Schwalm-Eder. Der Melsunger SPD-Stadtverordnete Dieter Grün nimmt sein Mandat nicht wahr, und das Parlament kann nichts daran ändern. Grün ist von den Melsungern 2011 in die Stadtverordnetenversammlung gewählt worden. Diesem Vertretungsauftrag kommt er nicht nach.

Er fehlt in den Fraktionssitzungen und in den Sitzungen der Stadtverordnetenversammlung. "Das ist stiller Protest. Keinesfalls schwänze ich die Sitzungen", rechtfertigt der 68-jährige Grün. Er sei von seiner eigenen Fraktion politisch kaltgestellt worden und bringe diesen Unmut zum Ausdruck.
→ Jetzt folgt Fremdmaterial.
//! The functions of a module by their symbols, and how deep the calls from each go.
ghost use Rattle.std.specs.Prelude.{◌≡◌, ◌++◌, Some, [], map, IfOk, OnOk};
ghost use Rattle.std.specs.Option.{option_copied};
ghost use Rattle.xf_ir.specs.Calls.{signatures, callee_before, callee_ends, regions_callees, chains_end};
ghost use Rattle.xf_ir.specs.Lists.{every};
ghost use Rattle.xf_ir.specs.Placed.{functions_of};
ghost use Rattle.xf_verify.specs.Chains.{no_numbers, numbers_in, with_number, number_from, pick, numbers_called};
ghost use Rattle.xf_verify.specs.Chains.{tree_calls, ends_at, ends_after, signatures_in, ends_in};
ghost use Rattle.xf_rules.specs.Given.{callee_of, callee_seen};

use crate::functions::functions_of;
use std::alloc::Global;
use std::collections::BTreeMap;
use xf_ir::{Kind, Module, Op, Signature, signature_of};
use xf_type::{ListOf, NoMemory};

/// The numbers of functions in their block, by their symbols.
type NumberBySymbol<'a> = BTreeMap<&'a [u8], usize>;

/// The numbers of the functions that a function calls, in order and with repeats.
type CalleeList = ListOf<usize>;

/// How many functions a chain of calls may pass from a callee on.
const LONGEST_CHAIN: usize = 31;

/// The functions of a module, and whether the calls from each are short enough for another to call it.
#[derive(Drop)]
pub struct CallGraph<'a> {
    functions: &'a [Op],
    numbers: NumberBySymbol<'a>,
    ends: Vec<bool>,
}

/// Gives the number to the symbol of a function that no function before has.
fn add_number<'a>(
    numbers: &mut NumberBySymbol<'a>,
    kind: &'a Kind,
    number: usize,
) -> Result<(), NoMemory>
    ensures { OnOk result (numbers_in numbers.new ≡ with_number kind.now number (numbers_in numbers.old)) }
{
    if let Kind::Func { symbol, .. } = kind {
        let symbol = symbol.as_slice();
        if !numbers.contains_key(symbol) {
            numbers.insert(symbol, number)?;
        }
    }
    Ok(())
}

/// The numbers of functions by their symbols.
fn numbers_of<'a>(alloc: Global, functions: &'a [Op]) -> Result<NumberBySymbol<'a>, NoMemory>
    ensures { IfOk result (λ numbers. numbers_in numbers ≡ number_from 0 functions.now) }
{
    let mut numbers = BTreeMap::new(alloc);
    for (number, function) in functions.iter().enumerate() {
        add_number(&mut numbers, &function.kind, number)?;
    }
    Ok(numbers)
}

/// Adds the number of the function that an operation calls.
fn add_call(
    numbers: &NumberBySymbol<'_>,
    kind: &Kind,
    callees: &mut CalleeList,
) -> Result<(), NoMemory>
    ensures { OnOk result (callees.new
        ≡ callees.old ++ numbers_called (numbers_in numbers.now) (callee_before kind.now [])) }
{
    if let Kind::Call { callee } = kind {
        if let Some(number) = numbers.get(callee.as_slice()) {
            callees.push(*number)?;
        }
    }
    Ok(())
}

/// Adds the numbers of the functions that the operations inside another call.
fn add_calls(
    numbers: &NumberBySymbol<'_>,
    op: &Op,
    callees: &mut CalleeList,
) -> Result<(), NoMemory>
    ensures { OnOk result (callees.new
        ≡ callees.old ++ numbers_called (numbers_in numbers.now) (regions_callees op.now.regions)) }
{
    for block in &op.regions {
        for inner in &block.ops {
            add_call(numbers, &inner.kind, callees)?;
            add_calls(numbers, inner, callees)?;
        }
    }
    Ok(())
}

/// What each function calls.
fn calls_of(
    alloc: Global,
    numbers: &NumberBySymbol<'_>,
    functions: &[Op],
) -> Result<Vec<CalleeList>, NoMemory>
    ensures { IfOk result (λ calls. calls.items ≡ map (tree_calls (numbers_in numbers.now)) functions.now) }
{
    let mut calls = Vec::new(alloc);
    for function in functions {
        let mut callees = ListOf::new(alloc);
        add_calls(numbers, function, &mut callees)?;
        calls.push(callees)?;
    }
    Ok(calls)
}

/// Whether the chains of calls from the function of that number end. From one that is not there they do.
fn ends_at(ends: &[bool], number: usize) -> bool
    ensures { result ≡ ends_at ends.now number }
{
    ends.get(number).copied().unwrap_or(true)
}

/// Whether the chains of calls from each of these functions end.
fn all_end(callees: &[usize], ends: &[bool]) -> bool
    ensures { result ≡ every (ends_at ends.now) callees.now }
{
    for callee in callees {
        if !ends_at(ends, *callee) {
            return false;
        }
    }
    true
}

/// Whether the chains of calls from each function pass at most one function more than before.
fn one_longer(alloc: Global, calls: &[CalleeList], ends: &[bool]) -> Result<Vec<bool>, NoMemory>
    ensures { IfOk result (λ longer. longer.items ≡ map (every (ends_at ends.now)) calls.now) }
{
    let mut longer = Vec::new(alloc);
    for callees in calls {
        longer.push(all_end(callees.as_slice(), ends))?;
    }
    Ok(longer)
}

/// Whether the chains of calls from each function are short enough for another to call it.
///
/// A chain that comes to a cycle never ends.
fn ends_of(alloc: Global, calls: &[CalleeList]) -> Result<Vec<bool>, NoMemory>
    ensures { IfOk result (λ ends. ends.items ≡ ends_after 31 calls.now) }
{
    let mut ends = vec![in alloc; false; calls.len()]?;
    for passed in 0..LONGEST_CHAIN {
        ends = one_longer(alloc, calls, &ends)?;
    }
    Ok(ends)
}

impl<'a> CallGraph<'a> {
    /// The calls of a module. Refuses for want of memory alone.
    ///
    /// Takes time in the number of operations, with a look-up for each call, and 31 passes over the calls.
    pub fn new(alloc: Global, m: &'a Module) -> Result<CallGraph<'a>, NoMemory>
        ensures signatures { IfOk result (λ calls. signatures_in calls ≡ signatures m.now) }
        ensures ends { IfOk result (λ calls. ends_in calls ≡ chains_end (functions_of m.now) 31) }
    {
        let functions = functions_of(m);
        let numbers = numbers_of(alloc, functions)?;
        let calls = calls_of(alloc, &numbers, functions)?;
        let ends = ends_of(alloc, &calls)?;
        Ok(CallGraph {
            functions,
            numbers,
            ends,
        })
    }

    /// The function of a symbol. Takes time in the logarithm of the number of functions.
    fn function(&self, symbol: &[u8]) -> Option<&'a Op>
        ensures { option_copied result ≡ pick self.now.functions.now (numbers_in self.now.numbers symbol.now) }
    {
        let number = self.numbers.get(symbol)?;
        self.functions.get(*number)
    }

    /// The signature of the function that an operation calls; `None` where it calls none that there is.
    pub fn callee(&self, kind: &Kind) -> Option<Signature<'a>>
        ensures { callee_seen result ≡ callee_of (signatures_in self.now) kind.now }
    {
        match kind {
            Kind::Call { callee } => match self.function(callee.as_slice()) {
                Some(function) => Some(signature_of(function)),
                None => None,
            },
            _ => None,
        }
    }

    /// Whether an operation calls no function whose chains of calls are too long.
    pub fn callee_ends(&self, kind: &Kind) -> bool
        ensures { result ≡ callee_ends (ends_in self.now) kind.now }
    {
        match kind {
            Kind::Call { callee } => match self.numbers.get(callee.as_slice()) {
                Some(number) => ends_at(&self.ends, *number),
                None => true,
            },
            _ => true,
        }
    }
}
Aus Parteikreisen heißt es zum Fehlen von Grün nur: Es habe ein persönliches Zerwürfnis innerhalb des Parlaments gegeben.

Das Pikante: Laut Hessischer Gemeindeordnung (HGO) gibt es keine Möglichkeit, Abgeordnete zu zwingen, ihr Mandat niederzulegen. "Das ist in der HGO nicht vorgesehen. Das stimmt", sagt Johannes Heger, Jurist beim Hessischen Städte- und Gemeindebund. Der Mandatsträger müsste sein Ehrenamt schon freiwillig niederlegen - ähnlich verhalte es sich bei Vorständen in Vereinen.

Verlieren kann man sein Mandat indes schon: Ein Richter kann die Wählbarkeit aberkennen, damit erlischt auch das Mandat oder der Betroffene verlegt seinen Wohnsitz.

"Wenn von so einem Fernbleiben Mehrheitsverhältnisse betroffen wären, hätte die Fraktion wohl einfach Pech gehabt", sagt Heger. Der Wähler natürlich auch.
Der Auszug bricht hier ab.